Angular velocity is a measure of how quickly an object rotates or revolves relative to another point. It's commonly denoted by the symbol \( \omega \) and is measured in radians per second.
In engineering mechanics, angular velocity is crucial in understanding the rotational movement of machinery parts and engines. To convert revolutions per minute (RPM) to angular velocity, the formula used is:

• \( \omega = \frac{2\pi \times \text{RPM}}{60} \)

This conversion involves the geometric constant \( \pi \) (approximately 3.14159) to switch from revolution-based measures to radians, which are standard in physics and engineering for measuring angles.
Always ensure that the calculated angular velocity is in radians per second as it simplifies the integration with other units in further calculations.

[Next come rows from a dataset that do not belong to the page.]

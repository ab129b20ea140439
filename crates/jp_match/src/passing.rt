//! One pass of marks over a text, from many offsets at once.

ghost use Rattle.std.specs.Prelude.{◌≤◌};
ghost use Rattle.jp_iregexp.specs.Tree.{tree};
ghost use Rattle.jp_iregexp.specs.Language.{Language};
ghost use Rattle.jp_iregexp.specs.Positions.{positions_of};
ghost use Rattle.jp_match.specs.Private.Search.{Leads};

use crate::counts::counts_of;
use crate::marking::Marking;
use crate::search::Search;
use jp_iregexp::Pattern;
use std::alloc::AllocError;

/// Replaces the offsets by those that a word of the pattern reaches from them. It goes over the
/// text once, and enters the pattern at each offset of the set.
pub(crate) fn pass(pattern: &Pattern, search: &mut Search<'_>) -> Result<(), AllocError>
    requires { positions_of (tree pattern.now) ≤ 4096 }
    ensures { Leads (Language (tree pattern.now)) search.old search.new result }
{
    let text = search.ground.text;
    let mut marking = Marking::new(search.ground.alloc, pattern, counts_of(pattern))?;
    for (i, c) in text.iter().enumerate() {
        let entered = search.offsets[i];
        search.offsets[i] = marking.step(entered, *c, &mut search.tests);
    }
    let entered = search.offsets[text.len()];
    search.offsets[text.len()] = marking.ends(entered);
    Ok(())
}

Torque is a force that causes rotation and is often described as rotational force or twisting power. It determines how effectively a force can cause an object to rotate around an axis.
The torque formula is \( \tau = rF \sin \theta \), where:

• \( \tau \) is the torque.
• \( r \) is the distance from the pivot or axis to the point where the force is applied.
• \( F \) is the force applied.
• \( \theta \) is the angle between the force vector and the lever arm vector.

In our calculations, torque usually comes given, such as the 524 lb-ft in our exercise. Torque is fundamental in calculating power through rotational movements, allowing engineers to design systems that can efficiently perform tasks like moving vehicles or turning gears.

Horsepower is a unit of measurement for power, which describes the rate at which work is done or energy is transferred. Converting power measured in foot-pounds per second to horsepower makes understanding engine outputs easier.
The conversion factor for this is derived from the fact that 1 horsepower is defined as 550 foot-pounds per second. Therefore, converting requires the formula:

• \( \text{Horsepower} = \frac{P}{550} \)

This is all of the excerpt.